What you should do ::
Look through the entries below and return all lines including the word "HostRuntime".

Study material START

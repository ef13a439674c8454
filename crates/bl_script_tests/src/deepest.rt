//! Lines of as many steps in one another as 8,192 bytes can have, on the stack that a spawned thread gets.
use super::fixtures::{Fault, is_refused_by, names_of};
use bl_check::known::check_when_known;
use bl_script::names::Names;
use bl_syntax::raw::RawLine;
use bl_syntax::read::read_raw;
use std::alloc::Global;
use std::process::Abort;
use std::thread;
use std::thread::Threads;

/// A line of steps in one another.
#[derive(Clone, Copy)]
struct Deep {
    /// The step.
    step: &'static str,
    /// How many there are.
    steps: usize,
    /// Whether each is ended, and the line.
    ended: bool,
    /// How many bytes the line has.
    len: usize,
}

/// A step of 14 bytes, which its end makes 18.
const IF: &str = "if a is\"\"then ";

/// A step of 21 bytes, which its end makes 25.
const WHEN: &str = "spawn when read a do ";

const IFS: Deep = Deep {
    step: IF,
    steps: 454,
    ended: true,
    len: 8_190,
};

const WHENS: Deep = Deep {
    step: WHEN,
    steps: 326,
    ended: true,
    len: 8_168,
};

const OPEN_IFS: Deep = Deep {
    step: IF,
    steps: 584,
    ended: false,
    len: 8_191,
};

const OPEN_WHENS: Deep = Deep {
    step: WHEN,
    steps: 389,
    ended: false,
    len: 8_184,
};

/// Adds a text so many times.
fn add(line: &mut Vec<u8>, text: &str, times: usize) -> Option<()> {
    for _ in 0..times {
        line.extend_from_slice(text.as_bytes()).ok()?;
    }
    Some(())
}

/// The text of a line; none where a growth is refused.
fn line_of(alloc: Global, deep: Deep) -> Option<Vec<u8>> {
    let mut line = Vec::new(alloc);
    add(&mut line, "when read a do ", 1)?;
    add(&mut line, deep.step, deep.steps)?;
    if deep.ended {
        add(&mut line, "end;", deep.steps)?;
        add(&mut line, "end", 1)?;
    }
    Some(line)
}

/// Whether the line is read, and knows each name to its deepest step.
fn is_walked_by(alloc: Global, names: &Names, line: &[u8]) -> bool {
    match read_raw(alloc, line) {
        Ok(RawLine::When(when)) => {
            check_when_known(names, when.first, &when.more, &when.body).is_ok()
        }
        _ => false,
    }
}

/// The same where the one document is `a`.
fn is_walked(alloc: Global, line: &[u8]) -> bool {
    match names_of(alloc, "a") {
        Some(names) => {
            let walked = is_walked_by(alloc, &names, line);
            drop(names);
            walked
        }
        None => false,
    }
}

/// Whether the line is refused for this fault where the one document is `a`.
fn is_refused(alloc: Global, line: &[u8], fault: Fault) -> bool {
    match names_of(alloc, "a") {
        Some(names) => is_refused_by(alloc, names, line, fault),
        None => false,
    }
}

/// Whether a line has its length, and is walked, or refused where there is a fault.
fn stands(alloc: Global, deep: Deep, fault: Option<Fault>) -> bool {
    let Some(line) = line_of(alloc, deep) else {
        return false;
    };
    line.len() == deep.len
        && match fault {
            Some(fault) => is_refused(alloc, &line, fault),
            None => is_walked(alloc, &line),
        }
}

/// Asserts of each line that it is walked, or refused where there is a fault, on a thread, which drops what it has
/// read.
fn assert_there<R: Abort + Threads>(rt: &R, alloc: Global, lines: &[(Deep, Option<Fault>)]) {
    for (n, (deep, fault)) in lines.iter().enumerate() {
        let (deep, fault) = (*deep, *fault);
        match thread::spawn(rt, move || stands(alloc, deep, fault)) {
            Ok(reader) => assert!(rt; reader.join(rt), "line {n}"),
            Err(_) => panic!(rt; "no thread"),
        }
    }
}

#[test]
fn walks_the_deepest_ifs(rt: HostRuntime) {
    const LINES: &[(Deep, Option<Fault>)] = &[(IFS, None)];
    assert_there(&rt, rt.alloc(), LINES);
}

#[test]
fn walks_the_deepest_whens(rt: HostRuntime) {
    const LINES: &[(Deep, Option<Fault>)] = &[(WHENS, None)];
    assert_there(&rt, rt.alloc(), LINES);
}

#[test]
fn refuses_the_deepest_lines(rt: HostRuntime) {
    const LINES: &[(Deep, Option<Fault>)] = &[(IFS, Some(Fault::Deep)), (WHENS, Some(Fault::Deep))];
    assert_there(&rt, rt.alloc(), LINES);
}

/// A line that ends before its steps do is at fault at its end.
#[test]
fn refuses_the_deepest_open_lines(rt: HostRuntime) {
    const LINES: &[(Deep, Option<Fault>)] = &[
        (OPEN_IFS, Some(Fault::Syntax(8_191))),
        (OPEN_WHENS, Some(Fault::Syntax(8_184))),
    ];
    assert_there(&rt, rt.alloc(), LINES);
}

Study material END
Study material START

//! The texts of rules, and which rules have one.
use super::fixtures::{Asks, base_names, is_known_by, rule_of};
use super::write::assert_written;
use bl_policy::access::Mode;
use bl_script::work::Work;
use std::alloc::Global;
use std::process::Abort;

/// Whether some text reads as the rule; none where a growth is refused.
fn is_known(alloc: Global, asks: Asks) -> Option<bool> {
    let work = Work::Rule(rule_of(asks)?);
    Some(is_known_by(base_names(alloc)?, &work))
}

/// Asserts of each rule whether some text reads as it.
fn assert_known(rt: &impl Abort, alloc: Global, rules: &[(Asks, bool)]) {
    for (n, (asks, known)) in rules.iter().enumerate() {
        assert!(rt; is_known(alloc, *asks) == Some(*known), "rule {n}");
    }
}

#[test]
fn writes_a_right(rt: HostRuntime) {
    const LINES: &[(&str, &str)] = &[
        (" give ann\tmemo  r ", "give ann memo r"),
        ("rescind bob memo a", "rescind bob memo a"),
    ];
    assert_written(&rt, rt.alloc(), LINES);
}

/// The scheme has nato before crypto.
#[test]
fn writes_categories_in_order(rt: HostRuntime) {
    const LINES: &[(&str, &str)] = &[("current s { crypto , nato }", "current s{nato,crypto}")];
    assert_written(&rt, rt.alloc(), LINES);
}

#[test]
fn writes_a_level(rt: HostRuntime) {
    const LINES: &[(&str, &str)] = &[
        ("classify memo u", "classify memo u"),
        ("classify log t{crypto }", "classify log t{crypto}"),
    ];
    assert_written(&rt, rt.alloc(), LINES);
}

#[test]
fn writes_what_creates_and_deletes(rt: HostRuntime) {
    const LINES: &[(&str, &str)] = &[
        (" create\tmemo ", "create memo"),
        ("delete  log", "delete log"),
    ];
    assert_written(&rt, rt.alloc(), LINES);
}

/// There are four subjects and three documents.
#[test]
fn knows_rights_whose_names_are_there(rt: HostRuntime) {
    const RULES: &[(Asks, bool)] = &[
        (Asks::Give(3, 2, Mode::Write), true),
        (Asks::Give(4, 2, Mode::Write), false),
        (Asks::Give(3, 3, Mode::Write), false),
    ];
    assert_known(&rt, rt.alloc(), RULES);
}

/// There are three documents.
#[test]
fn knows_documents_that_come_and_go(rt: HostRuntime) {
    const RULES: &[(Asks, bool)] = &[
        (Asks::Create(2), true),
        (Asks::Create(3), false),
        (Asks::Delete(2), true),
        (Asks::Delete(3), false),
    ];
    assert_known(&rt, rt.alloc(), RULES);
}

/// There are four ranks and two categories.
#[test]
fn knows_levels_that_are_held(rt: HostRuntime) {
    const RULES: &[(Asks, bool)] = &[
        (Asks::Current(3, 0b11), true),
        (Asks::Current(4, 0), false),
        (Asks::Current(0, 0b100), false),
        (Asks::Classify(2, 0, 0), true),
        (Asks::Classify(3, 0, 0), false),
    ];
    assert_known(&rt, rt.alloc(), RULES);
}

Study material END

Response ::
fn walks_the_deepest_ifs(rt: HostRuntime) {
fn walks_the_deepest_whens(rt: HostRuntime) {
fn refuses_the_deepest_lines(rt: HostRuntime) {
fn refuses_the_deepest_open_lines(rt: HostRuntime) {
fn writes_a_right(rt: HostRuntime) {
fn writes_categories_in_order(rt: HostRuntime) {
fn writes_a_level(rt: HostRuntime) {
fn writes_what_creates_and_deletes(rt: HostRuntime) {
fn knows_rights_whose_names_are_there(rt: HostRuntime) {
fn knows_documents_that_come_and_go(rt: HostRuntime) {
fn knows_levels_that_are_held(rt: HostRuntime) {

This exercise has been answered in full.